> _What you should do_:
All lines below are to be output exactly as they stand.
*** Opening Supplied information ***
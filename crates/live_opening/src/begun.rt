//! Feeds as far as they have come.

ghost use Rattle.std.specs.Prelude.{◌≡◌, ◌≤◌, Some, IfOk, IfErr, length, map, slice_get};
ghost use Rattle.std.specs.Arc.{arc_value};
ghost use Rattle.live_core.specs.Live.{AreOfSources};
ghost use Rattle.live_core.specs.Source.{bytes_of};
ghost use Rattle.live_opening.specs.Opened.{AreBegun, IsUnbegun};

use filter_rule::Plan;
use live_core::Source;
use source_feed::{Feed, FeedFault};
use std::alloc::Global;
use std::sync::Arc;

/// Feeds of what has come, with the sources of which they are.
#[derive(Drop)]
pub(crate) struct Begun<'h> {
    /// The plan of the first, which has the tables of all.
    pub(crate) first: Arc<Plan>,
    pub(crate) feeds: Vec<Feed<'h>>,
    pub(crate) sources: Vec<Source<'h>>,
}

/// Each feed under its plan, of the bytes that have come, up to the first fault.
pub(crate) fn begin_all<'h>(
    alloc: Global,
    plans: &[Arc<Plan>],
    come: &'h [Vec<u8>],
) -> Result<Begun<'h>, FeedFault>
    requires some { 1 ≤ length plans.now }
    requires count { length plans.now ≡ length come.now }
    ensures begun { IfOk result (λ begun. AreBegun (map arc_value plans.now) (map (λ bytes. bytes.items) come.entry.now) begun.feeds.items (map bytes_of begun.sources.items)) }
    ensures first { IfOk result (λ begun. slice_get (map arc_value plans.now) 0 ≡ Some (arc_value begun.first)) }
    ensures sources { IfOk result (λ begun. AreOfSources begun.feeds.items begun.sources.items) }
    ensures refused { IfErr result (IsUnbegun (map arc_value plans.now) (map (λ bytes. bytes.items) come.entry.now)) }
{
    let first = Arc::clone(&plans[0])?;
    let mut feeds = Vec::new(alloc);
    let mut sources = Vec::new(alloc);
    for s in 0..plans.len() {
        let (feed, source) = Source::begin(alloc, &come[s], &plans[s])?;
        feeds.push(feed)?;
        sources.push(source)?;
    }
    Ok(Begun {
        first,
        feeds,
        sources,
    })
}
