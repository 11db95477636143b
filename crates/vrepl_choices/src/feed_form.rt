//! How feeds are given.

/// How the bytes of feeds are given.
#[derive(Clone, Copy)]
pub enum FeedForm {
    /// They are given themselves.
    Bytes,
    /// They are spelled by hexadecimal text.
    Hex,
}
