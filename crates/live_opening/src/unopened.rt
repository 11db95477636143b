//! Why there is no board to start from.

ghost use Rattle.std.specs.Prelude.{◌≡◌};
ghost use Rattle.live_opening.specs.Opened.{number_of_unopened};

use apply_core::{ResumeFault, RunRefusal};
use filter_rule::{Plan, PlanFault};
use source_feed::FeedFault;
use std::sync::Arc;

/// Why there is no board to start from. Want of memory (72) is a fault of what was looked at then.
#[derive(Drop)]
pub enum Unopened {
    /// The workflow file.
    Workflow(PlanFault),
    /// There aren't as many feeds as streams (119).
    FeedCount,
    /// What has come of the first feed that is at fault.
    Feed(FeedFault),
    /// The checkpoint; its line names tables of the plan.
    Checkpoint {
        /// the first plan
        plan: Arc<Plan>,
        /// why it isn't resumed
        fault: ResumeFault,
    },
    /// The streams' run; its line names tables of the plan.
    Stream {
        /// the first plan
        plan: Arc<Plan>,
        /// the refusal
        refusal: RunRefusal,
    },
}

impl Unopened {
    /// The refusal's number.
    pub fn number(&self) -> u8
        ensures { result ≡ number_of_unopened self.now }
    {
        match self {
            Unopened::Workflow(fault) => fault.number(),
            Unopened::FeedCount => 119,
            Unopened::Feed(fault) => fault.number(),
            Unopened::Checkpoint { fault, .. } => fault.number(),
            Unopened::Stream { refusal, .. } => refusal.number(),
        }
    }
}

impl From<FeedFault> for Unopened {
    ghost use Rattle.std.specs.Prelude.{◌≡◌};
    ghost use Rattle.live_opening.specs.declared.unopened.Unopened.TheVariants.{Feed};

    ghost from_gives = { λ fault refusal. refusal ≡ Feed fault };

    fn from(fault: FeedFault) -> Unopened {
        Unopened::Feed(fault)
    }
}

impl From<PlanFault> for Unopened {
    ghost use Rattle.std.specs.Prelude.{◌≡◌};
    ghost use Rattle.live_opening.specs.declared.unopened.Unopened.TheVariants.{Workflow};

    ghost from_gives = { λ fault refusal. refusal ≡ Workflow fault };

    fn from(fault: PlanFault) -> Unopened {
        Unopened::Workflow(fault)
    }
}
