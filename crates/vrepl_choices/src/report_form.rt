//! How a report is printed.

/// How a report is printed.
#[derive(Clone, Copy)]
pub enum ReportForm {
    /// In lines of text.
    Lines,
    /// As one object of JSON, on one line.
    Json,
}
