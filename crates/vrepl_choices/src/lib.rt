//! What the words of a command choose between, each choice by a name: how feeds are given and up to where they are read,
//! how streams run, how a report is printed. It has types alone.
#![tactic(auto)]

mod feed_form;
mod report_form;
mod threading;
mod until;

pub use feed_form::FeedForm;
pub use report_form::ReportForm;
pub use threading::Threading;
pub use until::Until;
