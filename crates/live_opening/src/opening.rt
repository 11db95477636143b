//! A board from which a live session starts.

ghost use Rattle.std.specs.Prelude.{◌≡◌, IfOk, IfErr, map, option_map};
ghost use Rattle.live_core.specs.Live.{IsLive};
ghost use Rattle.live_opening.specs.Opened.{IsOpened, IsUnopened};

use crate::begun::{Begun, begin_all};
use crate::starting::{Unstarted, start};
use crate::unopened::Unopened;
use apply_core::Policy;
use filter_rule::Plan;
use live_core::Live;
use std::alloc::Global;

/// Opens a workflow with what has come of its feeds, which stand in the order of the streams; takes up the board that a
/// checkpoint makes with them, or begins where there is none; and runs all streams, in the portions of the policy, to the ends
/// of what has come. What stands behind a feed's last message behind which no transaction is open may still come.
///
/// Refused in this order: by the workflow file; 119 where there aren't as many feeds as streams; by what has come of the first
/// feed that is at fault; as `resume` refuses the checkpoint; as `run` refuses the streams. Want of memory is a fault of what
/// was looked at then.
pub fn open<'h>(
    alloc: Global,
    policy: &Policy,
    workflow: &[u8],
    checkpoint: Option<&[u8]>,
    come: &'h [Vec<u8>],
) -> Result<Live<'h>, Unopened>
    // The board is at the ends of the feeds, which are those of the workflow's plans and of what has come.
    ensures opened { IfOk result (IsOpened workflow.now (map (λ bytes. bytes.items) come.entry.now) (option_map (λ bytes. bytes.now) checkpoint.entry)) }
    ensures live { IfOk result IsLive }
    ensures refused { IfErr result (IsUnopened workflow.now (map (λ bytes. bytes.items) come.entry.now) (option_map (λ bytes. bytes.now) checkpoint.entry)) }
{
    let plans = Plan::read_all(alloc, workflow)?;
    if plans.len() != come.len() {
        return Err(Unopened::FeedCount);
    }
    let begun = begin_all(alloc, &plans, come)?;
    let Begun {
        first,
        feeds,
        sources,
    } = begun;
    match start(alloc, policy, plans, feeds, sources, checkpoint) {
        Err(Unstarted::Checkpoint(fault)) => Err(Unopened::Checkpoint { plan: first, fault }),
        Err(Unstarted::Stream(refusal)) => Err(Unopened::Stream {
            plan: first,
            refusal,
        }),
        Ok(live) => {
            live.is_live();
            Ok(live)
        }
    }
}
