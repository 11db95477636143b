//! How the streams of a workflow run.

/// How the streams of a workflow run.
#[derive(Clone, Copy)]
pub enum Threading {
    /// One after another, in the thread of the caller.
    Alone,
    /// All at once, each in a thread of its own.
    Parallel,
}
*** Closing Supplied information ***
> _Exercise result_:
filename crates/live_opening/src/begun.rt
//! Feeds as far as they have come.

ghost use Rattle.std.specs.Prelude.{◌≡◌, ◌≤◌, Some, IfOk, IfErr, length, map, slice_get};
ghost use Rattle.std.specs.Arc.{arc_value};
ghost use Rattle.live_core.specs.Live.{AreOfSources};
ghost use Rattle.live_core.specs.Source.{bytes_of};
ghost use Rattle.live_opening.specs.Opened.{AreBegun, IsUnbegun};

use filter_rule::Plan;
use live_core::Source;
use source_feed::{Feed, FeedFault};
use std::alloc::Global;
use std::sync::Arc;

/// Feeds of what has come, with the sources of which they are.
#[derive(Drop)]
pub(crate) struct Begun<'h> {
    /// The plan of the first, which has the tables of all.
    pub(crate) first: Arc<Plan>,
    pub(crate) feeds: Vec<Feed<'h>>,
    pub(crate) sources: Vec<Source<'h>>,
}

/// Each feed under its plan, of the bytes that have come, up to the first fault.
pub(crate) fn begin_all<'h>(
    alloc: Global,
    plans: &[Arc<Plan>],
    come: &'h [Vec<u8>],
) -> Result<Begun<'h>, FeedFault>
    requires some { 1 ≤ length plans.now }
    requires count { length plans.now ≡ length come.now }
    ensures begun { IfOk result (λ begun. AreBegun (map arc_value plans.now) (map (λ bytes. bytes.items) come.entry.now) begun.feeds.items (map bytes_of begun.sources.items)) }
    ensures first { IfOk result (λ begun. slice_get (map arc_value plans.now) 0 ≡ Some (arc_value begun.first)) }
    ensures sources { IfOk result (λ begun. AreOfSources begun.feeds.items begun.sources.items) }
    ensures refused { IfErr result (IsUnbegun (map arc_value plans.now) (map (λ bytes. bytes.items) come.entry.now)) }
{
    let first = Arc::clone(&plans[0])?;
    let mut feeds = Vec::new(alloc);
    let mut sources = Vec::new(alloc);
    for s in 0..plans.len() {
        let (feed, source) = Source::begin(alloc, &come[s], &plans[s])?;
        feeds.push(feed)?;
        sources.push(source)?;
    }
    Ok(Begun {
        first,
        feeds,
        sources,
    })
}
repository 11db95477636143b
filename crates/vrepl_choices/src/feed_form.rt
//! How feeds are given.

/// How the bytes of feeds are given.
#[derive(Clone, Copy)]
pub enum FeedForm {
    /// They are given themselves.
    Bytes,
    /// They are spelled by hexadecimal text.
    Hex,
}
filename crates/live_opening/src/unopened.rt
repository 11db95477636143b
//! Why there is no board to start from.

ghost use Rattle.std.specs.Prelude.{◌≡◌};
ghost use Rattle.live_opening.specs.Opened.{number_of_unopened};

use apply_core::{ResumeFault, RunRefusal};
use filter_rule::{Plan, PlanFault};
use source_feed::FeedFault;
use std::sync::Arc;

/// Why there is no board to start from. Want of memory (72) is a fault of what was looked at then.
#[derive(Drop)]
pub enum Unopened {
    /// The workflow file.
    Workflow(PlanFault),
    /// There aren't as many feeds as streams (119).
    FeedCount,
    /// What has come of the first feed that is at fault.
    Feed(FeedFault),
    /// The checkpoint; its line names tables of the plan.
    Checkpoint {
        /// the first plan
        plan: Arc<Plan>,
        /// why it isn't resumed
        fault: ResumeFault,
    },
    /// The streams' run; its line names tables of the plan.
    Stream {
        /// the first plan
        plan: Arc<Plan>,
        /// the refusal
        refusal: RunRefusal,
    },
}

impl Unopened {
    /// The refusal's number.
    pub fn number(&self) -> u8
        ensures { result ≡ number_of_unopened self.now }
    {
        match self {
            Unopened::Workflow(fault) => fault.number(),
            Unopened::FeedCount => 119,
            Unopened::Feed(fault) => fault.number(),
            Unopened::Checkpoint { fault, .. } => fault.number(),
            Unopened::Stream { refusal, .. } => refusal.number(),
        }
    }
}

impl From<FeedFault> for Unopened {
    ghost use Rattle.std.specs.Prelude.{◌≡◌};
    ghost use Rattle.live_opening.specs.declared.unopened.Unopened.TheVariants.{Feed};

    ghost from_gives = { λ fault refusal. refusal ≡ Feed fault };

    fn from(fault: FeedFault) -> Unopened {
        Unopened::Feed(fault)
    }
}

impl From<PlanFault> for Unopened {
    ghost use Rattle.std.specs.Prelude.{◌≡◌};
    ghost use Rattle.live_opening.specs.declared.unopened.Unopened.TheVariants.{Workflow};

    ghost from_gives = { λ fault refusal. refusal ≡ Workflow fault };

    fn from(fault: PlanFault) -> Unopened {
        Unopened::Workflow(fault)
    }
}
filename crates/vrepl_choices/src/report_form.rt
//! How a report is printed.

/// How a report is printed.
#[derive(Clone, Copy)]
pub enum ReportForm {
    /// In lines of text.
    Lines,
    /// As one object of JSON, on one line.
    Json,
}
filename crates/vrepl_choices/src/lib.rt
//! What the words of a command choose between, each choice by a name: how feeds are given and up to where they are read,
//! how streams run, how a report is printed. It has types alone.
#![tactic(auto)]

mod feed_form;
mod report_form;
mod threading;
mod until;

pub use feed_form::FeedForm;
pub use report_form::ReportForm;
pub use threading::Threading;
pub use until::Until;
filename crates/live_opening/src/opening.rt
repository 11db95477636143b
//! A board from which a live session starts.

ghost use Rattle.std.specs.Prelude.{◌≡◌, IfOk, IfErr, map, option_map};
ghost use Rattle.live_core.specs.Live.{IsLive};
ghost use Rattle.live_opening.specs.Opened.{IsOpened, IsUnopened};

use crate::begun::{Begun, begin_all};
use crate::starting::{Unstarted, start};
use crate::unopened::Unopened;
use apply_core::Policy;
use filter_rule::Plan;
use live_core::Live;
use std::alloc::Global;

/// Opens a workflow with what has come of its feeds, which stand in the order of the streams; takes up the board that a
/// checkpoint makes with them, or begins where there is none; and runs all streams, in the portions of the policy, to the ends
/// of what has come. What stands behind a feed's last message behind which no transaction is open may still come.
///
/// Refused in this order: by the workflow file; 119 where there aren't as many feeds as streams; by what has come of the first
/// feed that is at fault; as `resume` refuses the checkpoint; as `run` refuses the streams. Want of memory is a fault of what
/// was looked at then.
pub fn open<'h>(
    alloc: Global,
    policy: &Policy,
    workflow: &[u8],
    checkpoint: Option<&[u8]>,
    come: &'h [Vec<u8>],
) -> Result<Live<'h>, Unopened>
    // The board is at the ends of the feeds, which are those of the workflow's plans and of what has come.
    ensures opened { IfOk result (IsOpened workflow.now (map (λ bytes. bytes.items) come.entry.now) (option_map (λ bytes. bytes.now) checkpoint.entry)) }
    ensures live { IfOk result IsLive }
    ensures refused { IfErr result (IsUnopened workflow.now (map (λ bytes. bytes.items) come.entry.now) (option_map (λ bytes. bytes.now) checkpoint.entry)) }
{
    let plans = Plan::read_all(alloc, workflow)?;
    if plans.len() != come.len() {
        return Err(Unopened::FeedCount);
    }
    let begun = begin_all(alloc, &plans, come)?;
    let Begun {
        first,
        feeds,
        sources,
    } = begun;
    match start(alloc, policy, plans, feeds, sources, checkpoint) {
        Err(Unstarted::Checkpoint(fault)) => Err(Unopened::Checkpoint { plan: first, fault }),
        Err(Unstarted::Stream(refusal)) => Err(Unopened::Stream {
            plan: first,
            refusal,
        }),
        Ok(live) => {
            live.is_live();
            Ok(live)
        }
    }
}
repository 11db95477636143b
//! How the streams of a workflow run.

/// How the streams of a workflow run.
#[derive(Clone, Copy)]
pub enum Threading {
    /// One after another, in the thread of the caller.
    Alone,
    /// All at once, each in a thread of its own.
    Parallel,
}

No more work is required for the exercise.